Elimelek Edowai Nahkodai Sekretariat MRP Papua Tengah, Fokus Jaga Nilai Adat dan Hak OAP

NABIRE, TOMEI.ID | Elimelek Edowai, secara resmi dilantik sebagai Sekretaris Majelis Rakyat Papua (MRP) Provinsi Papua Tengah dalam sebuah prosesi khidmat yang berlangsung di Kantor Sekretariat MRP Papua Tengah, Nabire, pada Rabu (16/7/2025).

Penetapan Elimelek sebagai Sekretaris MRP Papua Tengah dilakukan sesuai mekanisme kelembagaan yang berlaku dan telah melalui berbagai proses pertimbangan oleh pimpinan MRP bersama elemen adat dan tokoh masyarakat Papua Tengah.

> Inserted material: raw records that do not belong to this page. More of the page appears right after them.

//! The lines of a bundle's script.

ghost use Rattle.std.specs.Prelude.{◌≡◌, option_map, IfOk, IfSome};
ghost use Rattle.std.specs.List.{AllByRecursion};
ghost use Rattle.std.specs.Str.{IsUtf8};
ghost use Rattle.serde_json.specs.Find.{as_str};
ghost use Rattle.serde_json.specs.View.{items_view, view};
ghost use Rattle.doll_text.specs.Gives.{Gives};
ghost use Rattle.doll_bundle.specs.Scripts.{lines_of, script_in, script_refusal, texts_in};

use doll_text::{Items, Memory, Text};
use doll_views::{BundlePart, Kind, Refusal};
use serde_json::Value;
use std::alloc::Global;

/// The lines of a bundle's script, none where it is left out. Whether they are orders isn't asked.
pub fn script_in(alloc: Global, script: Option<&Value>) -> Result<Items<Text>, Refusal>
    ensures exact { Gives Refusal.Memory
        (script_in (option_map (λ d. view d.now) script.entry)) result }
    ensures texts { IfOk result (AllByRecursion IsUtf8) }
{
    match lines_of(alloc, script)? {
        Some(lines) => Ok(lines),
        None => Err(script_refusal()),
    }
}

/// The texts of an array, none where it is left out.
fn lines_of(alloc: Global, script: Option<&Value>) -> Result<Option<Items<Text>>, Memory>
    ensures exact { IfOk result
        (λ lines. lines ≡ lines_of (option_map (λ d. view d.now) script.entry)) }
    ensures texts { IfOk result (λ lines. IfSome lines (AllByRecursion IsUtf8)) }
{
    let Some(script) = script else {
        return Ok(Some(Items::new(alloc)));
    };
    match script.as_array() {
        Some(items) => texts_in(alloc, items.as_slice()),
        None => Ok(None),
    }
}

/// Items that are texts.
#[tactic(auto, using(std::proofs::lemmas::Grind::common_steps, doll_journal::proofs::Fronts::front_starts, doll_journal::proofs::Fronts::front_grows, doll_journal::proofs::Fronts::front_stops, doll_journal::proofs::Fronts::front_ends, doll_journal::proofs::Fronts::all_pushed))]
fn texts_in(alloc: Global, items: &[Value]) -> Result<Option<Items<Text>>, Memory>
    ensures exact { IfOk result (λ texts. texts ≡ texts_in (items_view items.now)) }
    ensures texts { IfOk result (λ texts. IfSome texts (AllByRecursion IsUtf8)) }
{
    let mut texts = Items::new(alloc);
    for item in items {
        let Some(text) = text_in(alloc, item)? else {
            return Ok(None);
        };
        texts.push(text)?;
    }
    Ok(Some(texts))
}

/// The text that an item is.
fn text_in(alloc: Global, item: &Value) -> Result<Option<Text>, Memory>
    ensures exact { IfOk result (λ text. text ≡ as_str (view item.now)) }
    ensures texts { IfOk result (λ text. IfSome text IsUtf8) }
{
    match item.as_str() {
        Some(text) => Ok(Some(Text::from_bytes(alloc, text.as_bytes())?)),
        None => Ok(None),
    }
}

/// A script that is no array of texts.
fn script_refusal() -> Refusal
    ensures { result ≡ script_refusal }
{
    Refusal::Refused {
        part: BundlePart::Script,
        number: 0,
        kind: Kind::BadForm,
    }
}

Kehadiran Elimelek di posisi strategis ini dinilai sangat relevan dengan kebutuhan institusi kultural yang semakin dituntut untuk adaptif terhadap tantangan zaman, sekaligus tetap teguh menjaga nilai-nilai adat dan jati diri OAP.

Elimelek Edowai dikenal luas di kalangan masyarakat adat sebagai pribadi bersahaja, pekerja keras, dan memiliki integritas tinggi. Lulusan Sarjana Sosial ini telah lama berkecimpung dalam kegiatan pelayanan publik, organisasi adat, serta berbagai forum musyawarah masyarakat Papua.

Pengalaman panjang tersebut membuatnya tidak hanya paham terhadap mekanisme birokrasi, tetapi juga memahami denyut nadi rakyat kecil, terutama masyarakat adat di kampung-kampung yang selama ini menjadi penjaga nilai-nilai leluhur.

Dalam sambutannya usai dilantik, Elimelek menyatakan bahwa jabatan ini bukanlah sekadar tanggung jawab administratif atau simbolik, melainkan amanah moral yang besar untuk menjaga roh kultural masyarakat Papua di tengah derasnya arus modernisasi dan industrialisasi pembangunan.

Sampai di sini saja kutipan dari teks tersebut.